_What the task requires_
The records below should be printed once more, exactly as they appear.
+ + + +
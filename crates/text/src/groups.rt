// Single bytes, and digits two or four at a time, in a buffer that has room for them. A group of digits costs one division of the number,
// where single digits cost one each.
ghost use Rattle.std.specs.Prelude.{◌≡◌, ◌∷◌, [], ◌+◌, ◌*◌, ◌/◌, ◌%◌, ◌≤◌, ◌<◌, length};
ghost use Rattle.text.specs.Decimal.{two_digits, two_digits_word, four_digits};
ghost use Rattle.text.specs.Put.{put};

// Writes one byte.
pub(crate) fn put_byte(b: u8, out: &mut [u8], at: usize) -> usize
    requires { at < length out.old }
    ensures end { result ≡ at + 1 }
    ensures text { out.new ≡ put out.old at (b ∷ []) }
{
    out[at] = b;
    at + 1
}

// The two digits of a number below 100, as a word of two bytes. n * 103 / 1024 is n / 10 for n below 100. With t for n / 10, the digits are
// t and n - 10 t, so the word is 0x3030 + t + 256 (n - 10 t) = 0x3030 + 256 n - 2559 t.
fn two_digits_word(n: u32) -> u32
    requires { n < 100 }
    ensures { result ≡ two_digits_word n }
{
    0x3030 + 256 * n - 2559 * (n * 103 / 1024)
}

// The four digits of a number below 10000, as a word of four bytes. The halves p = n / 100 and q = n % 100 stand 16 bits apart in one word,
// and `two_digits_word` is computed of both at once. In `parts`, q / 10 stands from bit 16 on and p / 10 in the lowest 4 bits.
fn four_digits_word(n: u32) -> u32
    requires { n < 10000 }
    ensures { result ≡ two_digits_word (n / 100) + two_digits_word (n % 100) * 65536 }
{
    let halves = n / 100 + 65536 * (n % 100);
    let parts = halves * 103 / 1024;
    let tens = parts / 65536 * 65536 + parts % 16;
    0x3030_3030 + 256 * halves - 2559 * tens
}

// Writes a number below 100 in two digits.
pub(crate) fn put_two_digits(n: u32, out: &mut [u8], at: usize) -> usize
    requires n_bound { n < 100 }
    requires at_in_bounds { at + 2 ≤ length out.old }
    ensures end { result ≡ at + length (two_digits n) }
    ensures text { out.new ≡ put out.old at (two_digits n) }
{
    let word = two_digits_word(n) as u16;
    out[at..at + 2].copy_from_slice(&word.to_le_bytes());
    at + 2
}

// Writes a number below 10000 in four digits.
pub(crate) fn put_four_digits(n: u32, out: &mut [u8], at: usize) -> usize
    requires n_bound { n < 10000 }
    requires at_in_bounds { at + 4 ≤ length out.old }
    ensures end { result ≡ at + length (four_digits n) }
    ensures text { out.new ≡ put out.old at (four_digits n) }
{
    let word = four_digits_word(n);
    out[at..at + 4].copy_from_slice(&word.to_le_bytes());
    at + 4
}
+ + + +
_Task output_
filename crates/text/src/groups.rt
// Single bytes, and digits two or four at a time, in a buffer that has room for them. A group of digits costs one division of the number,
// where single digits cost one each.
ghost use Rattle.std.specs.Prelude.{◌≡◌, ◌∷◌, [], ◌+◌, ◌*◌, ◌/◌, ◌%◌, ◌≤◌, ◌<◌, length};
ghost use Rattle.text.specs.Decimal.{two_digits, two_digits_word, four_digits};
ghost use Rattle.text.specs.Put.{put};

// Writes one byte.
pub(crate) fn put_byte(b: u8, out: &mut [u8], at: usize) -> usize
    requires { at < length out.old }
    ensures end { result ≡ at + 1 }
    ensures text { out.new ≡ put out.old at (b ∷ []) }
{
    out[at] = b;
    at + 1
}

// The two digits of a number below 100, as a word of two bytes. n * 103 / 1024 is n / 10 for n below 100. With t for n / 10, the digits are
// t and n - 10 t, so the word is 0x3030 + t + 256 (n - 10 t) = 0x3030 + 256 n - 2559 t.
fn two_digits_word(n: u32) -> u32
    requires { n < 100 }
    ensures { result ≡ two_digits_word n }
{
    0x3030 + 256 * n - 2559 * (n * 103 / 1024)
}

// The four digits of a number below 10000, as a word of four bytes. The halves p = n / 100 and q = n % 100 stand 16 bits apart in one word,
// and `two_digits_word` is computed of both at once. In `parts`, q / 10 stands from bit 16 on and p / 10 in the lowest 4 bits.
fn four_digits_word(n: u32) -> u32
    requires { n < 10000 }
    ensures { result ≡ two_digits_word (n / 100) + two_digits_word (n % 100) * 65536 }
{
    let halves = n / 100 + 65536 * (n % 100);
    let parts = halves * 103 / 1024;
    let tens = parts / 65536 * 65536 + parts % 16;
    0x3030_3030 + 256 * halves - 2559 * tens
}

// Writes a number below 100 in two digits.
pub(crate) fn put_two_digits(n: u32, out: &mut [u8], at: usize) -> usize
    requires n_bound { n < 100 }
    requires at_in_bounds { at + 2 ≤ length out.old }
    ensures end { result ≡ at + length (two_digits n) }
    ensures text { out.new ≡ put out.old at (two_digits n) }
{
    let word = two_digits_word(n) as u16;
    out[at..at + 2].copy_from_slice(&word.to_le_bytes());
    at + 2
}

// Writes a number below 10000 in four digits.
pub(crate) fn put_four_digits(n: u32, out: &mut [u8], at: usize) -> usize
    requires n_bound { n < 10000 }
    requires at_in_bounds { at + 4 ≤ length out.old }
    ensures end { result ≡ at + length (four_digits n) }
    ensures text { out.new ≡ put out.old at (four_digits n) }
{
    let word = four_digits_word(n);
    out[at..at + 4].copy_from_slice(&word.to_le_bytes());
    at + 4
}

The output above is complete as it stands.